(WHAT THE TASK REQUIRES):
Determine how many lines below contain the string "between" and give that number without anything else.

(Saved entries)
* * * * * * *
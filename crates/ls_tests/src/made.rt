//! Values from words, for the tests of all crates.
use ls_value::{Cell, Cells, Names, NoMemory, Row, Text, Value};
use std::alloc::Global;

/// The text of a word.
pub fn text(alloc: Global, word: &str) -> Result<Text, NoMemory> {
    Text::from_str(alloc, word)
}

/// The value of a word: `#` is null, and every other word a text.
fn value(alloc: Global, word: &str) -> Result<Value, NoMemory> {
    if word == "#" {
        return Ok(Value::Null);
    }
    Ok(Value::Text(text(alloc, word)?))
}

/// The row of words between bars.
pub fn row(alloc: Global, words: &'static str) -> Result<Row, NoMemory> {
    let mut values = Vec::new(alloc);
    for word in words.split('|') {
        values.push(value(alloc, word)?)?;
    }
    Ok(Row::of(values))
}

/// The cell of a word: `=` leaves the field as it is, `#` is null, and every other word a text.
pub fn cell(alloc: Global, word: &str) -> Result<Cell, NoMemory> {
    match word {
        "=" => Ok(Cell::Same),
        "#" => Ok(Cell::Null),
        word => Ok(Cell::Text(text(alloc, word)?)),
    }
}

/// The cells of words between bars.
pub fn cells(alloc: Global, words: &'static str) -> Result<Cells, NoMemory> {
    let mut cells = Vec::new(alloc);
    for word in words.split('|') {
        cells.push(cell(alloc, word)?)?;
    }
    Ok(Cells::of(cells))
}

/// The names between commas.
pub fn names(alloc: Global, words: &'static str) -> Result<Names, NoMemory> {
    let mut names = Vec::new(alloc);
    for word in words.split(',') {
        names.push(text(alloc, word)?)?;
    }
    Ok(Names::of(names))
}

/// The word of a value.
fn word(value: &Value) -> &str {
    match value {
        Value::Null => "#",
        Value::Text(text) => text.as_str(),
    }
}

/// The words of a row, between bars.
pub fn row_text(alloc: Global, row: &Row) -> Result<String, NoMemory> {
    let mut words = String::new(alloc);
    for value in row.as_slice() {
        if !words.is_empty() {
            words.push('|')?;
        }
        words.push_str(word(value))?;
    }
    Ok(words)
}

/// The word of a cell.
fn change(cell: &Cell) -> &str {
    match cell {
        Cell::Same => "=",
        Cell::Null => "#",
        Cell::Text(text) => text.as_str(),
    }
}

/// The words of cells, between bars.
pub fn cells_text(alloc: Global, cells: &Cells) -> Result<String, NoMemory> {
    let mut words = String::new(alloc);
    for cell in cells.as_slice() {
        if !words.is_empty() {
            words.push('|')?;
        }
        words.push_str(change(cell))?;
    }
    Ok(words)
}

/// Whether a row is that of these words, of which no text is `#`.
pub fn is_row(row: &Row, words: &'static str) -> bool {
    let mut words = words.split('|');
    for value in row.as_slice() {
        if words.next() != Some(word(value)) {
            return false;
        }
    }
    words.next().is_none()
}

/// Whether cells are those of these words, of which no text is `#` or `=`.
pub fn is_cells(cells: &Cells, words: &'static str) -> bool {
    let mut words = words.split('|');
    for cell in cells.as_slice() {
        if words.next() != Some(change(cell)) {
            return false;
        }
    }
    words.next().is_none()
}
* * * * * * *
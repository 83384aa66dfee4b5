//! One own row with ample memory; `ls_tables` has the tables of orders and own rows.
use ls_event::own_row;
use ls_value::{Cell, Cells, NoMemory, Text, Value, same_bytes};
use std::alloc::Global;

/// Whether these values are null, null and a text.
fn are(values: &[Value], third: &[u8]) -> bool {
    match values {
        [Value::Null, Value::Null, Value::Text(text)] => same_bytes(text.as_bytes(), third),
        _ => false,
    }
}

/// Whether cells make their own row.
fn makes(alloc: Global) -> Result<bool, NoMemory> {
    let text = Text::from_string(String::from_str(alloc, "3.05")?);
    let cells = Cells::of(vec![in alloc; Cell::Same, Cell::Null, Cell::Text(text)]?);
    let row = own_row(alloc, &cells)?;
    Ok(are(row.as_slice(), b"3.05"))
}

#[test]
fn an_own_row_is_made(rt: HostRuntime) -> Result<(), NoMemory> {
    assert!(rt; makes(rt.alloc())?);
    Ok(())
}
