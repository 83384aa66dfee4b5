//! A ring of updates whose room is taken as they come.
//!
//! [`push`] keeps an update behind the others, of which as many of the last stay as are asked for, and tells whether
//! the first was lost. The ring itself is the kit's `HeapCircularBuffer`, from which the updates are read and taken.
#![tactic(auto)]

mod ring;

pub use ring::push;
* * * * * * *
(RESULT OF THE EXERCISE):
5